> **WHAT IS EXPECTED**: Copy word for word, please, the lines of the entries below running from the one containing "All IsSandbox parts.now" to the one containing "v. All IsPlacedPart", both ends included.

************

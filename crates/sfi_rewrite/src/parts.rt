//! From a source to what is placed.
ghost use Rattle.std.specs.Prelude.{◌≡◌, ◌<◌, ◌≤◌, ◌^◌, List, length, IfOk, IfErr, IsTrue, Ok};
ghost use Rattle.std.specs.List.{All, AllZip};
ghost use Rattle.sfi_source.specs.Source.{IsSandbox};
ghost use Rattle.sfi_rewrite.specs.Expansion.{size_of};
ghost use Rattle.sfi_rewrite.specs.Placement.{Placement};
ghost use Rattle.sfi_rewrite.specs.Placed.{IsPlacedPart};
ghost use Rattle.sfi_formats.specs.Formats.{has_words};
ghost use Rattle.sfi_rewrite.specs.private.{AreLabels, HasEnd, HaveBodies, largest};
ghost use Rattle.sfi_rewrite.specs.declared.fault.RewriteFault.{RewriteFault};
ghost use Rattle.sfi_rewrite.specs.Rewriting.{AreFaultless, UnlessMemory, IsItemFault};
ghost use Rattle.sfi_rewrite.specs.Rewriting.{IsSandboxFault, IsSourceFault};
ghost use Rattle.sfi_rewrite.specs.Standing.{StandTransparent};
ghost use Rattle.sfi_rewrite.specs.Rewriting.{IsRewritten, AreRewritten, AnswersPlaced, AnswersFault};

use crate::fault::RewriteFault;
use crate::filling::Filling;
use crate::laid_items::{Laid, lay_items};
use crate::names::{has_end_label, place_names};
use crate::place::nops_at_end;
use crate::placed::{Placed, PlacedPart};
use crate::words::lay_in_words;
use sfi_formats::Format;
use sfi_source::{Item, Source, SourcePart};
use std::alloc::{AllocError, Global};

/// Where a label stands at the end of code in bundles (`labelled`), adds c.nops up to the bundle
/// start that it names. Code in words gets none: there the label's place is the end itself.
fn fill_end(format: Format, labelled: bool, code: &mut Filling) -> Result<(), AllocError>
    requires { size_of code.old ≤ largest }
    ensures { IfOk result (λ _. HasEnd format code.old (IsTrue labelled) code.new) }
{
    if format.has_words() || !labelled {
        return Ok(());
    }
    let nops = nops_at_end(code.end());
    code.push_nops(nops)?;
    Ok(())
}

/// Lays the items of sandbox `sandbox` as its format has it: in words or in bundles.
fn lay(alloc: Global, format: Format, sandbox: u32, items: &[Item]) -> Result<Laid, RewriteFault>
    requires { HaveBodies items.now }
    ensures faultless { IfOk result (λ l. AreFaultless (has_words format) format (length items.now) items.now l.code) }
    ensures labels { IfOk result (λ l. AreLabels (has_words format) format items.now l.labels.items) }
    ensures refused { IfErr result (UnlessMemory (IsItemFault (has_words format) format sandbox items.now)) }
{
    if format.has_words() {
        lay_in_words(alloc, format, sandbox, items)
    } else {
        lay_items(alloc, format, sandbox, items)
    }
}

/// Places the code and the names of one sandbox of the source. `sandbox` is its number, counted
/// from 0, which a fault `TooLarge` names.
fn place_part(alloc: Global, sandbox: u32, part: &SourcePart) -> Result<PlacedPart, RewriteFault>
    requires { IsSandbox part.now }
    ensures rewritten { IfOk result (IsRewritten part.now) }
    ensures right { IfOk result IsPlacedPart }
    ensures refused { IfErr result
        (UnlessMemory (IsSandboxFault sandbox part.now)) }
{
    let laid = lay(alloc, part.format(), sandbox, part.items())?;
    let names = place_names(alloc, part, &laid.labels)?;
    let mut code = laid.code;
    fill_end(part.format(), has_end_label(part), &mut code)?;
    let mut gates = Vec::new(alloc);
    gates.extend_from_slice(part.gates())?;
    let mut bytes = Vec::new(alloc);
    bytes.extend_from_slice(part.bytes())?;
    let bundles = code.into_bundles();
    Ok(PlacedPart::new(
        part.format(),
        part.is_movable(),
        part.data_size(),
        gates,
        names,
        bytes,
        bundles,
    ))
}

/// Places the sandboxes, in order.
fn place_parts(alloc: Global, parts: &[SourcePart]) -> Result<Vec<PlacedPart>, RewriteFault>
    requires sandboxes { All IsSandbox parts.now }
    requires numbered { length parts.now ≤ 2 ^ 32 }
    ensures rewritten { IfOk result (λ v. AreRewritten parts.now v.items) }
    ensures right { IfOk result (λ v. All IsPlacedPart v.items) }
    ensures refused { IfErr result (UnlessMemory (IsSourceFault parts.now)) }
{
    let mut placed = Vec::new(alloc);
    for (number, part) in parts.iter().enumerate() {
        placed.push(place_part(alloc, number as u32, part)?)?;
    }
    Ok(placed)
}

/// Places a source: each sandbox's expansions, each at the first place in which it may stand; or
/// the first fault in the order of the text, and on one instruction the first by [`RewriteFault`].
#[tactic(auto, using(crate::proofs::Facts::one_rewriting, crate::proofs::Facts::never_both))]
pub fn rewrite(alloc: Global, source: &Source) -> Result<Placed, RewriteFault>
    ensures placed { IfOk result (AreRewritten source.now) }
    ensures transparent { IfOk result (AllZip StandTransparent source.now) }
    ensures fault { IfErr result (UnlessMemory (IsSourceFault source.now)) }
    ensures only_placed { (placed : List Placement)
        → AreRewritten source.now placed → AnswersPlaced placed result }
    ensures only_fault { (fault : RewriteFault)
        → IsSourceFault source.now fault → AnswersFault fault result }
{
    Ok(Placed::new(place_parts(alloc, source.parts())?))
}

************

> **SOLUTION BELOW**:
    requires sandboxes { All IsSandbox parts.now }
    requires numbered { length parts.now ≤ 2 ^ 32 }
    ensures rewritten { IfOk result (λ v. AreRewritten parts.now v.items) }
    ensures right { IfOk result (λ v. All IsPlacedPart v.items) }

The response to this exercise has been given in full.